[Information — start]

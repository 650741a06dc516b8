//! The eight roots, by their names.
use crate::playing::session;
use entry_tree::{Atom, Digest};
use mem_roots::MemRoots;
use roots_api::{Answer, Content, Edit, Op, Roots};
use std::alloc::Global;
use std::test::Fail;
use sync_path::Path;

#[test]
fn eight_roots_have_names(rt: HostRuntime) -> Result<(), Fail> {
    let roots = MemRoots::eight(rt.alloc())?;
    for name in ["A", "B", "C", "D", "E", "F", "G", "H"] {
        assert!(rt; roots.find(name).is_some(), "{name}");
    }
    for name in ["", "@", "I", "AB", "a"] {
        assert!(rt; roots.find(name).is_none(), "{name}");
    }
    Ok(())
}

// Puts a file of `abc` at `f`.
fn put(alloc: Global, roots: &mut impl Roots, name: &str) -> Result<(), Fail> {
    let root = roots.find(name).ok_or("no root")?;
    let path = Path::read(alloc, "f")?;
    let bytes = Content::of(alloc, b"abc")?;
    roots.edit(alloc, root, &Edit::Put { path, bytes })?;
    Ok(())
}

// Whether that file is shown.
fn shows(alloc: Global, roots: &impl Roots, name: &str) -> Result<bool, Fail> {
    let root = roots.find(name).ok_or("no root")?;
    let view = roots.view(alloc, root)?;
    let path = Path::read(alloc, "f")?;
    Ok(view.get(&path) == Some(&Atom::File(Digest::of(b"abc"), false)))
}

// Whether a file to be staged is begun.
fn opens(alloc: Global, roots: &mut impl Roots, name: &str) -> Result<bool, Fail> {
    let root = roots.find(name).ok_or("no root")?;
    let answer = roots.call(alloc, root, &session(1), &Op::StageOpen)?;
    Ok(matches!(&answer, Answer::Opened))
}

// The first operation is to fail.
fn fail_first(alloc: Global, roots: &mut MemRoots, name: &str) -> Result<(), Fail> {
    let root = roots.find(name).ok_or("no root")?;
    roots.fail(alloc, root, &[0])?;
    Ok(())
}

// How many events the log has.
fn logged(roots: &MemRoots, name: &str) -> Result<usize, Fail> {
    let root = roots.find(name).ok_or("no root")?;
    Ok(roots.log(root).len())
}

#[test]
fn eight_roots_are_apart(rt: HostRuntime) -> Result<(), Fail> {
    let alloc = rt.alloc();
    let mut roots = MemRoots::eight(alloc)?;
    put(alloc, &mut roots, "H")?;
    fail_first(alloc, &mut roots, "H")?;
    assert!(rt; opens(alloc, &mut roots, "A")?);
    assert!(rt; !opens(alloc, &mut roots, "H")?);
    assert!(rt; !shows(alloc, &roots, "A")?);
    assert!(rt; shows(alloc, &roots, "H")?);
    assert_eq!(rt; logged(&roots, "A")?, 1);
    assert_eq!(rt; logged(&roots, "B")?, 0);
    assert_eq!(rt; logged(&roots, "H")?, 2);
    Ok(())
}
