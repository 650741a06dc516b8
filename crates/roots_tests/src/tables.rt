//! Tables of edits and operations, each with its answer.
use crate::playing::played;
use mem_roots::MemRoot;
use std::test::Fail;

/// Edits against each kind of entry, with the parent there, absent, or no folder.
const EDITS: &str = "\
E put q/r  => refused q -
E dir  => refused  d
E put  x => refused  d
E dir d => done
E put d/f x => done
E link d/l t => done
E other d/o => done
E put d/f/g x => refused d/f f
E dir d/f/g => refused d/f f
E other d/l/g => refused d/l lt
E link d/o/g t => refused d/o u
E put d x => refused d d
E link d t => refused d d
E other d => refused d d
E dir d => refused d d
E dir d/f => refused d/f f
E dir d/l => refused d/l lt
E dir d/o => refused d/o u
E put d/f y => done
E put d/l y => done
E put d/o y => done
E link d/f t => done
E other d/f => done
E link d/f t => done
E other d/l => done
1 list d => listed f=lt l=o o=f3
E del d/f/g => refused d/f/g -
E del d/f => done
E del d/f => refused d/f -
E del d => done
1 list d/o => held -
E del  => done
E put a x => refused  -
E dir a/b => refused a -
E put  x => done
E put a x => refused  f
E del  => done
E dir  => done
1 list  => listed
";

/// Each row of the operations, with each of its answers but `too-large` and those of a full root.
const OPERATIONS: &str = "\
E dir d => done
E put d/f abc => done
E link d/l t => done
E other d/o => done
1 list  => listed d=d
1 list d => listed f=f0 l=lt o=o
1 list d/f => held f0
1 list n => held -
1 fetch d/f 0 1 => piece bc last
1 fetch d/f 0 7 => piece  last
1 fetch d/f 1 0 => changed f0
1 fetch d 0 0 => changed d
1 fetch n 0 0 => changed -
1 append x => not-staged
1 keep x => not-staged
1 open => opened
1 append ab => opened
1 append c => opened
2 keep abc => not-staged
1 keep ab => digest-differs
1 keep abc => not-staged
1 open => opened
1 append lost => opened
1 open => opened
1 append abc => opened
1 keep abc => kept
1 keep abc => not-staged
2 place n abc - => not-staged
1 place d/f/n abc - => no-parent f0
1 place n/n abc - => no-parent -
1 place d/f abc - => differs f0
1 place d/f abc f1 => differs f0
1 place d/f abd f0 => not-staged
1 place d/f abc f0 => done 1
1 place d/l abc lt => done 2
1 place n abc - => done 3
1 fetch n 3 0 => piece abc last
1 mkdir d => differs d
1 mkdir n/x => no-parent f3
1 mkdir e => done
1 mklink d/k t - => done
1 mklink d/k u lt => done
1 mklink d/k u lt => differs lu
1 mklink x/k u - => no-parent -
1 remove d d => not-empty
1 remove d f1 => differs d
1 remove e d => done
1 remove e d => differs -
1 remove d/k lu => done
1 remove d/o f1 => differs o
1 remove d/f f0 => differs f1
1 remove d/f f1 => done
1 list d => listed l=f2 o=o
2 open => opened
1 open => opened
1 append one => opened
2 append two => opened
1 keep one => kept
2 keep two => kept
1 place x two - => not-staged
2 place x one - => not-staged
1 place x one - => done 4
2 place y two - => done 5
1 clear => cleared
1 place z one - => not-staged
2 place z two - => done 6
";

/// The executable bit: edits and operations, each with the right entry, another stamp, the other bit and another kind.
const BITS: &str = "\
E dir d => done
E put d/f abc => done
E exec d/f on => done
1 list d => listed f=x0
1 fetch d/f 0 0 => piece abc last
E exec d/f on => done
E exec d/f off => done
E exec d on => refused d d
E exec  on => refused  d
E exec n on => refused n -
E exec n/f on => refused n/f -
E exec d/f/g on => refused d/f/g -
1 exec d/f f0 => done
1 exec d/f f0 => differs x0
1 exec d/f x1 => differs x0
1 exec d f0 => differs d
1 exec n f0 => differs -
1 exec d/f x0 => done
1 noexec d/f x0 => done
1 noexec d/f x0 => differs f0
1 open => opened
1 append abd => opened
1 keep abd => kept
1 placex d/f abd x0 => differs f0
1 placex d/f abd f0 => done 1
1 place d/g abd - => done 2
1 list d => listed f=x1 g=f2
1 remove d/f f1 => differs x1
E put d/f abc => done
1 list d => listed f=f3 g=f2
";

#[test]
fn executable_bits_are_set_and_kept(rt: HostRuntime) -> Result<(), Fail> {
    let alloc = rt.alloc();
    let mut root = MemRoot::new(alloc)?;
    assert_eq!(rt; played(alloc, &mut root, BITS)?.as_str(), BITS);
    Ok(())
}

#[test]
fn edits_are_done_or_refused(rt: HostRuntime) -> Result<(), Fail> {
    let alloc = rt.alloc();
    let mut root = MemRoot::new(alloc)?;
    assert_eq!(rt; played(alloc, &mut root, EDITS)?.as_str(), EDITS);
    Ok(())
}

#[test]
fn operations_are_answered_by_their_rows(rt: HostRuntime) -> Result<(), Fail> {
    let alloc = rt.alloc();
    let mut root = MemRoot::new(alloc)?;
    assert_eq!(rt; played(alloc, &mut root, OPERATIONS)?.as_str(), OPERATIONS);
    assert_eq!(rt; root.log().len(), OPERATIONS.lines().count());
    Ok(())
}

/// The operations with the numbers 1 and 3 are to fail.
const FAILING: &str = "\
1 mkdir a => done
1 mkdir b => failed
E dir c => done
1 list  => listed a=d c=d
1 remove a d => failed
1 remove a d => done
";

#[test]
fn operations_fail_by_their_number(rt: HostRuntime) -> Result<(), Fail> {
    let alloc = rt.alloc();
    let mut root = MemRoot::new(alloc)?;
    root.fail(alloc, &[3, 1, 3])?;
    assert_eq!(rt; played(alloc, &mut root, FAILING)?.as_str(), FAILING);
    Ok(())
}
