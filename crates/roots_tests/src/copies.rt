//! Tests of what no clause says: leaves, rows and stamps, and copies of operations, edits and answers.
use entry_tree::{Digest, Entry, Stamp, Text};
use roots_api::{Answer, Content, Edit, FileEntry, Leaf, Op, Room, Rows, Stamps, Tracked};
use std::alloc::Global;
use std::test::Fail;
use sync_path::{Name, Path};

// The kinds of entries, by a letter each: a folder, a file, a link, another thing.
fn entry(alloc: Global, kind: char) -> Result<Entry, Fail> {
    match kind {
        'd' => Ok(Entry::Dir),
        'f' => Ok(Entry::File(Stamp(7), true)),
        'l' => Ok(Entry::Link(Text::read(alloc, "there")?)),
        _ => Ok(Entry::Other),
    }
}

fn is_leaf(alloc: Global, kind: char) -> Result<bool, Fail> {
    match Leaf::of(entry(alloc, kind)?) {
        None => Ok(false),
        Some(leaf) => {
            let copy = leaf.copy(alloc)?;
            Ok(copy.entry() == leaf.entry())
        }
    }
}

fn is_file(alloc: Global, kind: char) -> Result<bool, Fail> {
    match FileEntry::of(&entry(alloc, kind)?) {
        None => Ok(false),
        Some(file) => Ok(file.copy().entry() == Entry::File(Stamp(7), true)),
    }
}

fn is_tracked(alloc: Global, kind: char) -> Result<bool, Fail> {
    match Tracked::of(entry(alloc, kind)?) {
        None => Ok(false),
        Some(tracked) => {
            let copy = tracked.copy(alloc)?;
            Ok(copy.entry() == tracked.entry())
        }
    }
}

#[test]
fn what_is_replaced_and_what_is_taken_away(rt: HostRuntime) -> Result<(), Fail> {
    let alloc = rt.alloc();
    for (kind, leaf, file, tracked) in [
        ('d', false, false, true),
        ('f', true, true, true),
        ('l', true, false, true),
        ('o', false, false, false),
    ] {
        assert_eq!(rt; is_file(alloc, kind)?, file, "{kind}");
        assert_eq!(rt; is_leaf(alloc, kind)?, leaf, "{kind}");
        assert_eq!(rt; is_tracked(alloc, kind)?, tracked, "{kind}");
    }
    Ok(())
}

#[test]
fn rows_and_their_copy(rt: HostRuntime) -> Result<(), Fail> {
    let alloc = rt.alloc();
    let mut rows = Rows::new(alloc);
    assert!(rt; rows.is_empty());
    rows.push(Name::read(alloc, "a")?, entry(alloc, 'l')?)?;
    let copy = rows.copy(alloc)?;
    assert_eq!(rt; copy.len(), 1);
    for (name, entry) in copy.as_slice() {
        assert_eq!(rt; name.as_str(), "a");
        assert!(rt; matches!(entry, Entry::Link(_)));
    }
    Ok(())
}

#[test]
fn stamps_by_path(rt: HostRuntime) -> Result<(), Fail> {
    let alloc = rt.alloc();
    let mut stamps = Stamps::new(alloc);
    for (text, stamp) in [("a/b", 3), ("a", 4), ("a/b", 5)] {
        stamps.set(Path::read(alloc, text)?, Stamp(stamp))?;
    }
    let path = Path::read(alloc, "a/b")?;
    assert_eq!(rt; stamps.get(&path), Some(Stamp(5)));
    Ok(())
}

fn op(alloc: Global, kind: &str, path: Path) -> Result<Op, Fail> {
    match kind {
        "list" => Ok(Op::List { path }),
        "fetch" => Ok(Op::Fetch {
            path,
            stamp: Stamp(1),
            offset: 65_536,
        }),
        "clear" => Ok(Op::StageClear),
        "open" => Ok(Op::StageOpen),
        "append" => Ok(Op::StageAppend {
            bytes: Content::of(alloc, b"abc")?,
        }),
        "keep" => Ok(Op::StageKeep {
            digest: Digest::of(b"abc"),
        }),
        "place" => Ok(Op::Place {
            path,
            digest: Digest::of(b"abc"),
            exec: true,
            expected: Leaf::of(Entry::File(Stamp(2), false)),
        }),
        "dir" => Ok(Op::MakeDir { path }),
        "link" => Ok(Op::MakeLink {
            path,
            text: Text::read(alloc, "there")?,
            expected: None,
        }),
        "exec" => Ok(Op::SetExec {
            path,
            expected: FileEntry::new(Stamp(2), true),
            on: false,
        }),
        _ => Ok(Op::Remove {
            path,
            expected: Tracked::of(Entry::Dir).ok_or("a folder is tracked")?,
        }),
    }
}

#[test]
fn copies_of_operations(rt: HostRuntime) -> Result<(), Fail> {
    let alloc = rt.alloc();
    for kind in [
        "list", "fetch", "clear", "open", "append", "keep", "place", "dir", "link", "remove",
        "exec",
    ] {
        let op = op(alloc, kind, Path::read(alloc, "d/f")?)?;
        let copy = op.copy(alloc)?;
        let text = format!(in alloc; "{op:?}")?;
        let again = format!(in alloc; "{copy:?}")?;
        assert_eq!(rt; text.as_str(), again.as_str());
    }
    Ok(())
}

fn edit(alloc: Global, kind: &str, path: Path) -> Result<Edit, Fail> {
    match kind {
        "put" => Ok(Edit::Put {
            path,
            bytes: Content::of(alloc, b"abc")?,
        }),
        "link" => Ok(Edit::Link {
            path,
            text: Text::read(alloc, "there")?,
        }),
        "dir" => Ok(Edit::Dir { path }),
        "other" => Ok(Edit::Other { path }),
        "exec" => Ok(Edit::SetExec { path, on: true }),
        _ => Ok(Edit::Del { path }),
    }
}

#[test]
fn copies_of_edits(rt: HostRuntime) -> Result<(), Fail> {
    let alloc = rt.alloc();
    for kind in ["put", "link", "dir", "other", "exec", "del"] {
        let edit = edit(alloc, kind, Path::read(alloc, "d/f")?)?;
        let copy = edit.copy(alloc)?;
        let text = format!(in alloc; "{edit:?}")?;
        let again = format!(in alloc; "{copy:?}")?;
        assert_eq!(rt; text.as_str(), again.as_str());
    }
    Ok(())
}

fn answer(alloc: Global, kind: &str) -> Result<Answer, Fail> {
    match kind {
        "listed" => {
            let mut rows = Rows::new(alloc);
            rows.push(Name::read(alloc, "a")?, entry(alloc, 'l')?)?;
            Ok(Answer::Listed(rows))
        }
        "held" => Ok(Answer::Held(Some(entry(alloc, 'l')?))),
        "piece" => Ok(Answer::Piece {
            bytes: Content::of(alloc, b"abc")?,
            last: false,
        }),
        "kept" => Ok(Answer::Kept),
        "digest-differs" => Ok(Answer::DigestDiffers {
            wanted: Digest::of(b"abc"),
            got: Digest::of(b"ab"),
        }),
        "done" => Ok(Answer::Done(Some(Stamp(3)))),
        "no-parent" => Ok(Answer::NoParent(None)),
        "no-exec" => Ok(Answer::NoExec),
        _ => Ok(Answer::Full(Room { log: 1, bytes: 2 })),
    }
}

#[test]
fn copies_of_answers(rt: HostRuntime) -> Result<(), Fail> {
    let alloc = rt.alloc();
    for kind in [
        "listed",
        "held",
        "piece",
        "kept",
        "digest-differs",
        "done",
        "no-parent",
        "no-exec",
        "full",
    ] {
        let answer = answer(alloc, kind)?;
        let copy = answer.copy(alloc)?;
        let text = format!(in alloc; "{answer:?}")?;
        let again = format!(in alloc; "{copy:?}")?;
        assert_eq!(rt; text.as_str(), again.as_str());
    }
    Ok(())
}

[Information — finish]

> _What needs to be done_: Please copy, exactly and with nothing else, the lines above beginning at the line that has "E del d => done" and ending with the line that has "1 append lost => opened".

> _Task result_:
E del d => done
1 list d/o => held -
E del  => done
E put a x => refused  -
E dir a/b => refused a -
E put  x => done
E put a x => refused  f
E del  => done
E dir  => done
1 list  => listed
";

/// Each row of the operations, with each of its answers but `too-large` and those of a full root.
const OPERATIONS: &str = "\
E dir d => done
E put d/f abc => done
E link d/l t => done
E other d/o => done
1 list  => listed d=d
1 list d => listed f=f0 l=lt o=o
1 list d/f => held f0
1 list n => held -
1 fetch d/f 0 1 => piece bc last
1 fetch d/f 0 7 => piece  last
1 fetch d/f 1 0 => changed f0
1 fetch d 0 0 => changed d
1 fetch n 0 0 => changed -
1 append x => not-staged
1 keep x => not-staged
1 open => opened
1 append ab => opened
1 append c => opened
2 keep abc => not-staged
1 keep ab => digest-differs
1 keep abc => not-staged
1 open => opened
1 append lost => opened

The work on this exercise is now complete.